Work task — Within the entries below, count the lines that hold the string "KeptRows" and give only that number.

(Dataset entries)
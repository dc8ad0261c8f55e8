//! Rows of one stretch as several loads.
ghost use Rattle.std.specs.Prelude.{◌≡◌, ◌+◌, None, length, IfOk, OnOk, IsOkUnless};
ghost use Rattle.morsel_meaning.specs.declared.fault.Fault.TheVariants.{OutOfMemory};
ghost use Rattle.morsel_join_units.specs.RowCutters.{next_cut};

use morsel_join::SomeRows;
use morsel_load::{Morsel, SourceToken, Stretch};
use morsel_meaning::Fault;
use morsel_pipe::MorselSeq;

/// Makes loads of the rows of one stretch, which have one number and the tokens of one source.
#[derive(Drop)]
pub struct RowCutter {
    /// The number of its loads.
    pub seq: MorselSeq,
    /// The source of their tokens.
    pub source: SourceToken,
    /// Where the stretch begins.
    pub from: u64,
    /// Where it ends.
    pub to: u64,
    /// How many of its rows were given.
    pub given: u64,
}

impl RowCutter {
    /// The next rows of the stretch, as a load.
    pub fn cut<K, J>(&mut self, some: SomeRows) -> Result<Morsel<K, J>, Fault>
        ensures same { (self.new.seq ≡ self.old.seq) × (self.new.source ≡ self.old.source) × (self.new.from ≡ self.old.from) × (self.new.to ≡ self.old.to) }
        ensures given { OnOk result (self.new.given ≡ self.old.given + length some.frame.rows) }
        ensures frame { IfOk result (λ morsel. morsel.frame ≡ some.frame) }
        ensures number { IfOk result (λ morsel. morsel.seq ≡ self.old.seq) }
        ensures source { IfOk result (λ morsel. (morsel.source_token.source ≡ self.old.source.source) × (morsel.source_token.stops ≡ self.old.source.stops)) }
        ensures free { IfOk result (λ morsel. morsel.consume_token ≡ None) }
        ensures stretch { IfOk result (λ morsel. morsel.stretch ≡ next_cut self.old some.last) }
        ensures out_of_memory { IsOkUnless result OutOfMemory }
    {
        let SomeRows { frame, last } = some;
        let skip = self.given;
        let Some(given) = skip.checked_add(frame.height() as u64) else {
            return Err(Fault::OutOfMemory);
        };
        let mut morsel = Morsel::new(frame, self.seq, self.source.again()?);
        morsel.set_stretch(Stretch {
            from: self.from,
            to: self.to,
            skip,
            last,
        });
        self.given = given;
        Ok(morsel)
    }
}
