//! Kept rows in the order of their loads.
ghost use Rattle.std.specs.Prelude.{◌≡◌, All, IsPermutation, List, map, IfOk, IsOkUnless};
ghost use Rattle.morsel_meaning.specs.declared.fault.Fault.TheVariants.{OutOfMemory};
ghost use Rattle.morsel_meaning.specs.declared.value.Field.{Field};
ghost use Rattle.morsel_join.specs.BuildSides.{rows_of_tables};
ghost use Rattle.morsel_join_units.specs.RowKeepers.{AreKeptOf, FollowUp};

use crate::row_keeper::KeptRows;
use morsel_frame::Frame;
use morsel_meaning::Fault;
use morsel_rows_job::RowsJob;
use std::alloc::Global;

/// The frames of rows that several keepers kept, in the order of their loads.
///
/// It tests that the stretches of the rows follow one another from place 0 up to `given`, so that none is missing and none is there twice,
/// whatever the keepers were given. Where they do not, it answers that there is no memory.
pub fn in_order<K, J: RowsJob<K>>(
    alloc: Global,
    kept: Vec<KeptRows>,
    given: u64,
) -> Result<Vec<Frame>, Fault>
    ensures gives { IfOk result (λ frames. (job : J) (columns : List Field) → J.gives_rows job columns → All (AreKeptOf J.suits job) kept.items → J.gives job 0 given (rows_of_tables frames.items)) }
    ensures columns { IfOk result (λ frames. (job : J) (columns : List Field) → J.gives_rows job columns → All (AreKeptOf J.suits job) kept.items → All (λ frame. frame.schema ≡ columns) frames.items) }
    ensures out_of_memory { IsOkUnless result OutOfMemory }
{
    let rows = by_number(kept)?;
    let frames = following(alloc, rows, given)?;
    Ok(frames)
}

/// Kept rows by rising number.
fn by_number(mut kept: Vec<KeptRows>) -> Result<Vec<KeptRows>, Fault>
    ensures same { IfOk result (λ rows. IsPermutation kept.items rows.items) }
    ensures out_of_memory { IsOkUnless result OutOfMemory }
{
    kept.sort_by_key(|rows| rows.seq)?;
    Ok(kept)
}

/// The frames of kept rows, where the stretches follow one another from place 0 up to `given`.
fn following(alloc: Global, kept: Vec<KeptRows>, given: u64) -> Result<Vec<Frame>, Fault>
    ensures follow { IfOk result (λ frames. FollowUp kept.items 0 given) }
    ensures frames { IfOk result (λ frames. frames.items ≡ map (λ rows. rows.frame) kept.items) }
    ensures out_of_memory { IsOkUnless result OutOfMemory }
{
    let mut frames = Vec::new(alloc);
    let mut at = 0;
    for rows in kept {
        if rows.stretch.from != at {
            return Err(Fault::OutOfMemory);
        }
        at = rows.stretch.to;
        frames.push(rows.frame)?;
    }
    if at != given {
        return Err(Fault::OutOfMemory);
    }
    Ok(frames)
}
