//! What the units of a join make: kept rows of one side, rows that the other side's rows find among them, and kept rows that none finds.
#![tactic(auto)]

mod lone_giver;
mod looked_up;
mod order;
mod probe_maker;
mod row_cutter;
mod row_keeper;

pub use lone_giver::LoneGiver;
pub use looked_up::{LookedUp, looked_in_order};
pub use order::in_order;
pub use probe_maker::ProbeMaker;
pub use row_cutter::RowCutter;
pub use row_keeper::{KeptRows, RowKeeper};
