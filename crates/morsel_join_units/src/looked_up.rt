//! Which rows were looked up on the kept side of a join.
ghost use Rattle.std.specs.Prelude.{◌≡◌, All, Bool, IsPermutation, List, map, IfOk, OnOk, IsOkUnless};
ghost use Rattle.morsel_meaning.specs.declared.fault.Fault.TheVariants.{OutOfMemory};
ghost use Rattle.morsel_meaning.specs.declared.value.Field.{Field};
ghost use Rattle.morsel_join.specs.declared.build_side.Build.{Build};
ghost use Rattle.morsel_join.specs.Hits.{HaveHit};
ghost use Rattle.morsel_join_units.specs.LookedUps.{AreLookedUpOf, looked_rows, rows_looked_up};
ghost use Rattle.morsel_join_units.specs.RowKeepers.{FollowUp};

use morsel_frame::Frame;
use morsel_load::Stretch;
use morsel_meaning::Fault;
use morsel_pipe::MorselSeq;
use morsel_rows_job::RowsJob;
use std::snapshot::Snapshot;

/// A load whose rows were looked up: its number and its stretch. Contracts alone see the rows.
#[derive(Drop)]
pub struct LookedUp {
    /// The number.
    pub seq: MorselSeq,
    /// The stretch.
    pub stretch: Stretch,
    /// The rows.
    pub frame: Snapshot<Frame>,
}

/// What several makers looked up, in the order of its loads, as contracts see it.
///
/// It tests that the stretches of the loads follow one another from place 0 up to `given`, so that none is missing and none is there twice,
/// whatever the makers were given. Where they do not, it answers that there is no memory.
pub fn looked_in_order<K, J: RowsJob<K>>(
    looked: Vec<LookedUp>,
    given: u64,
) -> Result<Snapshot<Vec<LookedUp>>, Fault>
    ensures gives { IfOk result (λ ordered. (job : J) (columns : List Field) → J.gives_rows job columns → All (AreLookedUpOf J.suits job) looked.items → J.gives job 0 given (rows_looked_up ordered.value.items)) }
    ensures hit { IfOk result (λ ordered. (build : Build) (marks : List Bool) → HaveHit build marks (rows_looked_up looked.items) → HaveHit build marks (rows_looked_up ordered.value.items)) }
    ensures out_of_memory { IsOkUnless result OutOfMemory }
{
    let loads = by_number(looked)?;
    let ordered = Snapshot::of(&loads);
    follow_up(loads, given)?;
    Ok(ordered)
}

/// What was looked up by rising number.
fn by_number(mut looked: Vec<LookedUp>) -> Result<Vec<LookedUp>, Fault>
    ensures same { IfOk result (λ loads. IsPermutation looked.items loads.items) }
    ensures out_of_memory { IsOkUnless result OutOfMemory }
{
    looked.sort_by_key(|one| one.seq)?;
    Ok(looked)
}

/// Tests that the stretches follow one another from place 0 up to `given`.
fn follow_up(looked: Vec<LookedUp>, given: u64) -> Result<(), Fault>
    ensures follow { OnOk result (FollowUp (map looked_rows looked.items) 0 given) }
    ensures out_of_memory { IsOkUnless result OutOfMemory }
{
    let mut at = 0;
    for one in looked {
        if one.stretch.from != at {
            return Err(Fault::OutOfMemory);
        }
        at = one.stretch.to;
    }
    if at != given {
        return Err(Fault::OutOfMemory);
    }
    Ok(())
}
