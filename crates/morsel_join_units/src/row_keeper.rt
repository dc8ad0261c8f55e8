//! What keeps the rows of one side of a join.
ghost use Rattle.std.specs.Prelude.{◌≡◌, []};

use morsel_end_units::LoadKeeper;
use morsel_frame::Frame;
use morsel_load::{Load, Stretch};
use morsel_meaning::Fault;
use morsel_pipe::MorselSeq;
use morsel_rows_job::RowsJob;
use std::alloc::Global;

/// The rows of a load, with its number and its stretch.
#[derive(Drop)]
pub struct KeptRows {
    /// The number.
    pub seq: MorselSeq,
    /// The stretch.
    pub stretch: Stretch,
    /// The rows.
    pub frame: Frame,
}

/// Keeps the rows of one side of a join, as they come.
#[derive(Drop)]
pub struct RowKeeper {
    /// The rows, in the order in which they came.
    pub kept: Vec<KeptRows>,
}

impl RowKeeper {
    /// One that has kept nothing.
    pub fn new(alloc: Global) -> RowKeeper
        ensures { result.kept.items ≡ [] }
    {
        RowKeeper {
            kept: Vec::new(alloc),
        }
    }
}

impl<K: Drop, J: RowsJob<K>> LoadKeeper<K, J> for RowKeeper {
    ghost use Rattle.std.specs.Prelude.{◌≡◌, ◌++◌, ◌∷◌, [], List, None, OnOk, IsOkUnless, ⊤};
    ghost use Rattle.std.specs.List.{flat_map};
    ghost use Rattle.morsel_meaning.specs.declared.fault.Fault.TheVariants.{OutOfMemory};
    ghost use Rattle.morsel_load.specs.Loads.{LoadSeen, held_token, load_seen};
    ghost use Rattle.morsel_join_units.specs.RowKeepers.{AreAllRows, KeepsRowsOf, rows_kept_of};

    ghost keeps = { λ keeper job. KeepsRowsOf J.suits J.gives_rows keeper.kept.items job };

    ghost takes = { λ keeper load. AreAllRows load };

    ghost took = { λ keeper loads. keeper.kept.items ≡ flat_map rows_kept_of loads };

    ghost is_later = { λ keeper later. ⊤ };

    ghost may_fail = { λ job fault. fault ≡ OutOfMemory };

    fn keep(&mut self, load: Load<K, J>) -> Result<(), Fault>
        requires takes { AreAllRows (load_seen load) }
        requires free { held_token load ≡ None }
        ensures keeps { OnOk result ((from : J) → KeepsRowsOf J.suits J.gives_rows self.old.kept.items from → J.suits from (load_seen load) → KeepsRowsOf J.suits J.gives_rows self.new.kept.items from) }
        ensures took { OnOk result ((before : List LoadSeen) → self.old.kept.items ≡ flat_map rows_kept_of before → self.new.kept.items ≡ flat_map rows_kept_of (before ++ load_seen load ∷ [])) }
        ensures later { ⊤ }
        ensures failed { IsOkUnless result OutOfMemory }
    {
        let Load::Morsel(morsel) = load else {
            unreachable!()
        };
        let stretch = morsel.stretch();
        let (frame, seq, _, _) = morsel.into_inner();
        self.kept.push(KeptRows {
            seq,
            stretch,
            frame,
        })?;
        Ok(())
    }

    ghost takes_suiting = { λ keeper from seen keeps suits. (keeps.columns, J.are_rows from keeps.columns seen keeps.rows suits) };

    ghost later_same = { λ keeper. tt };

    ghost later_next = { λ first mid last later more. tt };
}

Expected answer — 8